Each line from the one with "let levels = Levels::start(alloc, coded, 13)?;" to the final line of the data must be reproduced exactly, and no other line may appear.

> EXTRACTED INFORMATION:
____________________

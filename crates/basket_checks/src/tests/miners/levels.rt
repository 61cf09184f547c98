ghost use Rattle.std.specs.Prelude.{◌≡◌, IfOk};

use super::{NINE_BASKETS, assert_text, coded};
use basket_core::Coded;
use mine_apriori::{Alone, Levels, apriori};
use mine_limit::MineFault;
use mine_supports::{Extensions, count_extensions};
use std::alloc::{AllocError, Global};
use std::fmt::Write;
use std::test::Fail;

/// Writes the sets.
fn write_sets(text: &mut String, alloc: Global, sets: &Extensions) -> Result<(), AllocError> {
    for (prefix, items) in sets.prefixes().iter().zip(sets.lists()) {
        for item in items.items() {
            write!(text, "{}|", prefix.with(alloc, *item)?)?;
        }
    }
    Ok(())
}

/// The search after the supports that it asked for.
fn answered<'a>(alloc: Global, coded: &Coded, levels: Levels<'a>) -> Result<Levels<'a>, Fail>
    requires { levels.coding ≡ coded.now }
    ensures { IfOk result (λ next. next.coding ≡ coded.now) }
{
    if levels.asked().is_empty() {
        return Err(Fail::new("no set is asked"));
    }
    let counts = count_extensions(alloc, coded.baskets(), levels.asked())?;
    Ok(levels.answer(alloc, &counts, &Alone)?)
}

/// Writes the sets that the search asks for, and how many it has asked for so far, and goes on.
fn write_level<'a>(
    text: &mut String,
    alloc: Global,
    coded: &Coded,
    levels: Levels<'a>,
) -> Result<Levels<'a>, Fail>
    requires { levels.coding ≡ coded.now }
    ensures { IfOk result (λ next. next.coding ≡ coded.now) }
{
    write_sets(text, alloc, levels.asked())?;
    write!(text, "{} ", levels.counted())?;
    answered(alloc, coded, levels)
}

/// Writes two levels, and says how many sets there are if there is no third.
fn write_levels(text: &mut String, alloc: Global, coded: &Coded) -> Result<Option<usize>, Fail> {
    let levels = Levels::start(alloc, coded, 13)?;
    let levels = write_level(text, alloc, coded, levels)?;
    let levels = write_level(text, alloc, coded, levels)?;
    if levels.asked().is_empty() {
        Ok(Some(levels.finish(alloc)?.sets().len()))
    } else {
        Ok(None)
    }
}

/// The levels of the nine baskets as text.
fn nine_levels(alloc: Global) -> Result<String, Fail> {
    let coded = coded(alloc, NINE_BASKETS, 2)?;
    let mut text = String::new(alloc);
    let sets = write_levels(&mut text, alloc, &coded)?;
    write!(text, "{sets:?}")?;
    Ok(text)
}

/// Of the ranks 0 to 4, which are the items 2, 1, 3, 4 and 5.
#[test]
fn each_level_asks_the_candidates_of_its_size(rt: HostRuntime) -> Result<(), Fail> {
    assert_text(
        &rt,
        nine_levels(rt.alloc())?.as_str(),
        "0 1|0 2|0 3|0 4|1 2|1 3|1 4|2 3|2 4|3 4|10 0 1 2|0 1 4|12 Some(13)",
    );
    Ok(())
}

/// A basket of 40 items that is there twice.
fn full(alloc: Global) -> Result<Coded, Fail> {
    let items: Vec<u32> = (1..=40).collect(alloc)?;
    coded(alloc, &[(items.as_slice(), 1), (items.as_slice(), 1)], 2)
}

/// Whether there are more sets than the limit.
fn is_too_many(alloc: Global, coded: &Coded, limit: u32) -> bool {
    apriori(alloc, coded, limit).err() == Some(MineFault::TooMany { limit })
}

/// All 2^40 - 1 sets are frequent. The limits are below and at the numbers of those of at most one
/// item and of at most two.
#[test]
fn apriori_stops_at_the_first_level_above_the_limit(rt: HostRuntime) -> Result<(), Fail> {
    let coded = full(rt.alloc())?;
    let stops = [
        is_too_many(rt.alloc(), &coded, 39),
        is_too_many(rt.alloc(), &coded, 40),
        is_too_many(rt.alloc(), &coded, 819),
        is_too_many(rt.alloc(), &coded, 820),
    ];
    assert_eq!(rt; stops, [true; 4]);
    Ok(())
}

____________________

> EXERCISE SOLUTION:
    let levels = Levels::start(alloc, coded, 13)?;
    let levels = write_level(text, alloc, coded, levels)?;
    let levels = write_level(text, alloc, coded, levels)?;
    if levels.asked().is_empty() {
        Ok(Some(levels.finish(alloc)?.sets().len()))
    } else {
        Ok(None)
    }
}

/// The levels of the nine baskets as text.
fn nine_levels(alloc: Global) -> Result<String, Fail> {
    let coded = coded(alloc, NINE_BASKETS, 2)?;
    let mut text = String::new(alloc);
    let sets = write_levels(&mut text, alloc, &coded)?;
    write!(text, "{sets:?}")?;
    Ok(text)
}

/// Of the ranks 0 to 4, which are the items 2, 1, 3, 4 and 5.
#[test]
fn each_level_asks_the_candidates_of_its_size(rt: HostRuntime) -> Result<(), Fail> {
    assert_text(
        &rt,
        nine_levels(rt.alloc())?.as_str(),
        "0 1|0 2|0 3|0 4|1 2|1 3|1 4|2 3|2 4|3 4|10 0 1 2|0 1 4|12 Some(13)",
    );
    Ok(())
}

/// A basket of 40 items that is there twice.
fn full(alloc: Global) -> Result<Coded, Fail> {
    let items: Vec<u32> = (1..=40).collect(alloc)?;
    coded(alloc, &[(items.as_slice(), 1), (items.as_slice(), 1)], 2)
}

/// Whether there are more sets than the limit.
fn is_too_many(alloc: Global, coded: &Coded, limit: u32) -> bool {
    apriori(alloc, coded, limit).err() == Some(MineFault::TooMany { limit })
}

/// All 2^40 - 1 sets are frequent. The limits are below and at the numbers of those of at most one
/// item and of at most two.
#[test]
fn apriori_stops_at_the_first_level_above_the_limit(rt: HostRuntime) -> Result<(), Fail> {
    let coded = full(rt.alloc())?;
    let stops = [
        is_too_many(rt.alloc(), &coded, 39),
        is_too_many(rt.alloc(), &coded, 40),
        is_too_many(rt.alloc(), &coded, 819),
        is_too_many(rt.alloc(), &coded, 820),
    ];
    assert_eq!(rt; stops, [true; 4]);
    Ok(())
}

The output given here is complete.